In all cases, production can be initiated or restored with relatively low expenditure compared to the cost of drilling a new well.


UNDEVELOPED RESERVES (SEC DEFINITIONS)

Securities and Exchange Commission Regulation S-X §210.4-10(a)(31) defines undeveloped oil and gas reserves as follows:

Undeveloped oil and gas reserves are reserves of any category that are expected to be recovered from new wells on undrilled acreage, or from existing wells where a relatively major expenditure is required for recompletion.

(i) Reserves on undrilled acreage shall be limited to those directly offsetting development spacing areas that are reasonably certain of production when drilled, unless evidence using reliable technology exists that establishes reasonable certainty of economic producibility at greater distances.

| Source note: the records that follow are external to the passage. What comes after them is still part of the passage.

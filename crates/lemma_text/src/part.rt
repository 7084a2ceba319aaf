// What is read of a piece, byte by byte.
ghost use Rattle.std.specs.Prelude.{◌≡◌, ◌<◌, ◌∷◌, [], ◌++◌, true, false, length, cond, nat_eq};
ghost use Rattle.lemma_text.specs.Numerals.{value_fits, FitsNumeral};
ghost use Rattle.lemma_text.specs.States.{next, due_letter, entry_letter, step_letter, word_next, word_end, word_text, outcome as first_line, begun as begun_state, lettered as lettered_state, valued, more, whole, wrong, state_at, place_after, at_literal, at as at_line};
ghost use Rattle.lemma_text.specs.Asked.{asks, number_of};
ghost use Rattle.lemma_text.specs.Kept.{state_of, FitsPart, next_of, FitsNext};
ghost use Rattle.lemma_text.specs.declared.parts.Numeral.TheVariants.{Start};
ghost use Rattle.lemma_text.specs.declared.parts.Due.TheVariants.{Sums};

use crate::item::Item;
use crate::numeral::{NumeralNext, read_numeral};
use crate::parts::{Due, Form, Numeral, Word};
use crate::slot::{Slot, constraint, field_of, first_slot, lemma, reason, variable};
use lemma_list::{Literal, Step, SumLiteral};
use qc_model::Kind;

// What is read of a piece.
#[derive(Clone, Copy)]
pub(crate) enum Part {
    // so many letters of a word
    Word { word: Word, read: usize },
    // the first line
    Outcome,
    // nothing: a line begins
    Line(Due),
    // the letter of a lemma
    Begun(Kind),
    // the letter of a line with numbers
    Lettered(Form),
    // the letter of the goal
    Reached,
    // the numbers before this one, and some of it
    Number { slot: Slot, numeral: Numeral },
}

// How a piece goes on with a byte.
pub(crate) enum PartNext {
    More(Part),
    Whole(Item),
    Wrong,
}

// The next byte of a piece.
pub(crate) fn next_part(part: Part, byte: u8) -> PartNext
    requires { FitsPart part }
    ensures next { next_of result ≡ next (state_of part) byte }
    ensures fits { FitsNext result }
{
    match part {
        Part::Word { word, read } => word_byte(word, read, byte),
        Part::Outcome => outcome_byte(byte),
        Part::Line(due) => line_byte(due, byte),
        Part::Begun(loser) => begun_byte(loser, byte),
        Part::Lettered(form) => lettered_byte(form, byte),
        Part::Reached => line_ended(Item::Goal, byte),
        Part::Number { slot, numeral } => number_byte(slot, numeral, byte),
    }
}

// The beginning of the piece that comes after this one.
pub(crate) fn part_after(item: Item) -> Part
    ensures state { state_of result ≡ state_at (place_after item) }
    ensures fits { FitsPart result }
{
    match item {
        Item::Head { loser: _ } => Part::Line(Due::Entries),
        Item::Lemma { loser: _, bare } => after_literals(bare),
        Item::Literal { literal: _, last } => after_literals(last),
        Item::Sum(_) => Part::Line(Due::Sums),
        Item::Step(_) => Part::Line(Due::Steps),
        Item::Lost(_) => Part::Line(Due::Entries),
        Item::Goal => Part::Line(Due::Entries),
        Item::Forget(_) => Part::Line(Due::Entries),
    }
}

// What comes after the last literal of a lemma, or after another.
fn after_literals(last: bool) -> Part
    ensures state { state_of result ≡ state_at (cond last (at_line Sums) at_literal) }
    ensures fits { FitsPart result }
{
    if last {
        Part::Line(Due::Sums)
    } else {
        Part::Number {
            slot: Slot::LiteralVariable,
            numeral: Numeral::Start,
        }
    }
}

fn text_of(word: Word) -> &'static [u8]
    ensures { result.now ≡ word_text word }
{
    match word {
        Word::Name => b"qcert 3\n",
        Word::True => b"true\n",
        Word::False => b"false\n",
    }
}

fn word_byte(word: Word, read: usize, byte: u8) -> PartNext
    requires { read < length (word_text word) }
    ensures next { next_of result ≡ word_next word read byte }
    ensures fits { FitsNext result }
{
    let text = text_of(word);
    if text[read] != byte {
        return PartNext::Wrong;
    }
    if read + 1 < text.len() {
        return PartNext::More(Part::Word {
            word,
            read: read + 1,
        });
    }
    word_ended(word)
}

fn word_ended(word: Word) -> PartNext
    ensures next { next_of result ≡ word_end word }
    ensures fits { FitsNext result }
{
    match word {
        Word::Name => PartNext::More(Part::Outcome),
        Word::True => PartNext::Whole(Item::Head {
            loser: Kind::Forall,
        }),
        Word::False => PartNext::Whole(Item::Head {
            loser: Kind::Exists,
        }),
    }
}

fn outcome_byte(byte: u8) -> PartNext
    ensures next { next_of result ≡ next first_line byte }
    ensures fits { FitsNext result }
{
    match byte {
        b't' => PartNext::More(Part::Word {
            word: Word::True,
            read: 1,
        }),
        b'f' => PartNext::More(Part::Word {
            word: Word::False,
            read: 1,
        }),
        _ => PartNext::Wrong,
    }
}

// The letter of a line.
fn line_byte(due: Due, byte: u8) -> PartNext
    ensures next { next_of result ≡ due_letter due byte }
    ensures fits { FitsNext result }
{
    match due {
        Due::Entries => entry_byte(byte),
        Due::Steps => step_byte(byte),
        Due::Sums => match byte {
            b'u' => PartNext::More(Part::Lettered(Form::Sum)),
            _ => step_byte(byte),
        },
    }
}

fn entry_byte(byte: u8) -> PartNext
    ensures next { next_of result ≡ entry_letter byte }
    ensures fits { FitsNext result }
{
    match byte {
        b'l' => PartNext::More(Part::Begun(Kind::Exists)),
        b'w' => PartNext::More(Part::Begun(Kind::Forall)),
        b'd' => PartNext::More(Part::Lettered(Form::Forgotten)),
        _ => PartNext::Wrong,
    }
}

fn step_byte(byte: u8) -> PartNext
    ensures next { next_of result ≡ step_letter byte }
    ensures fits { FitsNext result }
{
    match byte {
        b'p' => PartNext::More(Part::Lettered(Form::CutByConstraint)),
        b'q' => PartNext::More(Part::Lettered(Form::CutByLemma)),
        b'c' => PartNext::More(Part::Lettered(Form::Choice)),
        b'f' => PartNext::More(Part::Lettered(Form::LostToConstraint)),
        b'a' => PartNext::More(Part::Lettered(Form::LostToLemma)),
        b'g' => PartNext::More(Part::Reached),
        _ => entry_byte(byte),
    }
}

fn begun_byte(loser: Kind, byte: u8) -> PartNext
    ensures next { next_of result ≡ next (begun_state loser) byte }
    ensures fits { FitsNext result }
{
    match byte {
        b' ' => PartNext::Whole(Item::Lemma { loser, bare: false }),
        b'\n' => PartNext::Whole(Item::Lemma { loser, bare: true }),
        _ => PartNext::Wrong,
    }
}

fn lettered_byte(form: Form, byte: u8) -> PartNext
    ensures next { next_of result ≡ next (lettered_state form) byte }
    ensures fits { FitsNext result }
{
    number_begins(first_slot(form), byte)
}

// A space, after which a number comes.
fn number_begins(slot: Slot, byte: u8) -> PartNext
    ensures next { next_of result ≡ cond (nat_eq byte 32) (more (number_of slot Start)) wrong }
    ensures fits { FitsNext result }
{
    if byte == b' ' {
        PartNext::More(Part::Number {
            slot,
            numeral: Numeral::Start,
        })
    } else {
        PartNext::Wrong
    }
}

// The end of a line, and so of its piece.
fn line_ended(item: Item, byte: u8) -> PartNext
    ensures next { next_of result ≡ cond (nat_eq byte 10) (whole item) wrong }
    ensures fits { FitsNext result }
{
    if byte == b'\n' {
        PartNext::Whole(item)
    } else {
        PartNext::Wrong
    }
}

fn number_byte(slot: Slot, numeral: Numeral, byte: u8) -> PartNext
    requires { FitsNumeral (asks slot).field numeral }
    ensures next { next_of result ≡ next (number_of slot numeral) byte }
    ensures fits { FitsNext result }
{
    match read_numeral(field_of(slot), numeral, byte) {
        NumeralNext::More(numeral) => PartNext::More(Part::Number { slot, numeral }),
        NumeralNext::Done(number) => number_ended(slot, number, byte),
        NumeralNext::Wrong => PartNext::Wrong,
    }
}

// A byte has ended a number: the next one comes, or the piece is whole.
fn number_ended(slot: Slot, number: i64, byte: u8) -> PartNext
    requires { value_fits (asks slot).field number ≡ true }
    ensures next { next_of result ≡ valued (asks slot).form ((asks slot).values ++ number ∷ []) (asks slot).later byte }
    ensures fits { FitsNext result }
{
    match slot {
        Slot::LiteralVariable => {
            let x = variable(number);
            number_begins(Slot::LiteralLow { x }, byte)
        }
        Slot::LiteralLow { x } => number_begins(Slot::LiteralHigh { x, lo: number }, byte),
        Slot::LiteralHigh { x, lo } => PartNext::Whole(Item::Literal {
            literal: Literal { x, lo, hi: number },
            last: byte == b'\n',
        }),
        Slot::SumConstraint => {
            let c = constraint(number);
            number_begins(Slot::SumLow { c }, byte)
        }
        Slot::SumLow { c } => number_begins(Slot::SumHigh { c, lo: number }, byte),
        Slot::SumHigh { c, lo } => {
            let sum = SumLiteral { c, lo, hi: number };
            line_ended(Item::Sum(sum), byte)
        }
        Slot::CutVariable { by } => {
            let x = variable(number);
            number_begins(Slot::CutLow { by, x }, byte)
        }
        Slot::CutLow { by, x } => number_begins(Slot::CutHigh { by, x, lo: number }, byte),
        Slot::CutHigh { by, x, lo } => number_begins(
            Slot::CutReason {
                by,
                x,
                lo,
                hi: number,
            },
            byte,
        ),
        Slot::CutReason { by, x, lo, hi } => {
            let by = reason(by, number);
            line_ended(Item::Step(Step::Cut { x, lo, hi, by }), byte)
        }
        Slot::ChoiceVariable => {
            let x = variable(number);
            number_begins(Slot::ChoiceValue { x }, byte)
        }
        Slot::ChoiceValue { x } => { line_ended(Item::Step(Step::Choose { x, v: number }), byte) }
        Slot::LostTo { by } => line_ended(Item::Lost(reason(by, number)), byte),
        Slot::Forgotten => line_ended(Item::Forget(lemma(number)), byte),
    }
}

(ii) Undrilled locations can be classified as having undeveloped reserves only if a development plan has been adopted indicating that they are scheduled to be drilled within five years, unless the specific circumstances, justify a longer time.

(iii) Under no circumstances shall estimates for undeveloped reserves be attributable to any acreage for which an application of fluid injection or other improved recovery technique is contemplated, unless such techniques have been proved effective by actual projects in the same reservoir or an analogous reservoir, as defined in paragraph (a)(2) of this section, or by other evidence using reliable technology establishing reasonable certainty.